森说:“能抓小鳄鱼了,这条大鳄鱼是我们一起抓的。”

顾篱没想收诊金,不过伤患非要给,他就说:“要不你们部落也一起来吃,等我们这边稻子收好,也是要大吃一顿的。”

森知道顾篱做的东西好吃,对他说的大吃一顿也很心动:“我回去问问族长。”

“行。”

森没有立即飞走,跟顾篱说了几句橡子交换的事。

他们以前都是用大量的鱼去跟别的部落换盐,换到盐之后再跟他们换橡子,现在两个部落都不缺盐。

森说:“我们能不能直接用鱼跟你们换一点橡子?”

森说得不是很有底气,因为崖山部落也有河,不缺鱼。

顾篱说:“不一定要用鱼换,也不一定只能换橡子,等你们族长过来再仔细说好了。
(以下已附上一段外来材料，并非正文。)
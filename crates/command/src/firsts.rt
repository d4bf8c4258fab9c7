// 26: a task that is to start only after another, which is idle.
ghost use Rattle.std.specs.Prelude.{length};
ghost use Rattle.ledger.specs.Lists.{any};
ghost use Rattle.ledger.specs.Config.{pair_of, pairs_in, config_in};
ghost use Rattle.ledger.specs.Refusals.{holds_back, meets26};
ghost use Rattle.tables.specs.Layout.{Fits};
ghost use Rattle.command.specs.Codes.{view_a};
ghost use Rattle.command.specs.Configured.{Framed};
ghost use Rattle.command.specs.Firsts.{HasPlanes, ToldBy};
ghost use Rattle.command.specs.State.{TellsOf};

use crate::codes::FieldA;
use crate::fields::outside;
use tables::shape::Shape;

// Whether a pair keeps task a from its start. A first that is no task is not idle. Of the shape the number of tasks alone is asked.
fn holds_back(tables: &[u8], tasks: usize, a: u8, first: u8, then: u8) -> bool
    requires { HasPlanes tasks tables.now }
    ensures { ToldBy tasks tables.now (λ c L. holds_back L a (pair_of first then)) result }
{
    then == a && !outside(tasks, first as usize) && tables::blocks::is_idle(tables, first)
}

// Whether one of these pairs does. It stays a function of its own in the compiled program, aside from the frame's way: in the middle of a
// whole frame its loop has too few registers, and a pair took 26 instructions in place of 15.
#[cold]
#[inline(never)]
fn some_holds_back(pairs: &[u8], tables: &[u8], tasks: usize, a: u8) -> bool
    requires { HasPlanes tasks tables.now }
    ensures { ToldBy tasks tables.now (λ c L. any (holds_back L a) (pairs_in pairs.now)) result }
{
    // by pairs of bytes, for which std has `chunks_exact`, whose code the theorems about runs (theorems/proofs/World) cannot name
    for k in 0..pairs.len() / 2 {
        if holds_back(tables, tasks, a, pairs[2 * k], pairs[2 * k + 1]) {
            return true;
        }
    }
    false
}

// The pairs lie behind the queues: by the shape, whose numbers are at hand, where `configuration::frame` would read them again.
#[tactic(auto, unfolding(ledger::specs::Refusals::meets26))]
pub fn before_first(kind: FieldA, config: &[u8], tables: &[u8], shape: Shape, a: u8) -> bool
    requires { Framed config.now shape × Fits shape (length tables.now) }
    ensures { TellsOf (config_in config.now) shape tables.now (λ c L. meets26 c L (view_a kind) a) result }
{
    if let FieldA::ToStart = kind {
        let from = 8 + shape.tasks + 2 * shape.queues;
        return some_holds_back(&config[from..], tables, shape.tasks, a);
    }
    false
}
”

森的表情放松了一些,刚想跟顾篱道谢,还没说出来,往他身后躲了躲,顾篱看见黑豹不知道什么时候又走过来了。

注意到森躲避的动作,踏出来的一只前爪收回去,眼巴巴地看着顾篱,他的心思很好猜,顾篱笑着说:“这是谷雨,他刚才在看小崽,不是故意扑你。”

森勉强笑了笑,本来鸟就怕猫,何况是长这么凶的、刚刚扑过他的黑豹。

但是篱都解释了,这黑豹又不知道为什么不变人形,他只好过去摸了一下:“我叫森,是三岛部落的人,经常会兽形飞过来。”

他强调兽形和经常,黑豹不知道听明白没有,居然用舌头舔了一下他的手。

森立刻缩回手,背在身后,后退两步,对顾篱说:“篱,那我先回去了。”

森飞走,谷雨眼巴巴看着顾篱,顾篱忍着笑安抚他:“没事,已经解释清楚了,森不会怪你的。”

刚才森太紧张了,没看见他摸谷雨的时候谷雨尾巴毛都炸了。

就这还要强忍着舔他手,顾篱也不知道谁更惨。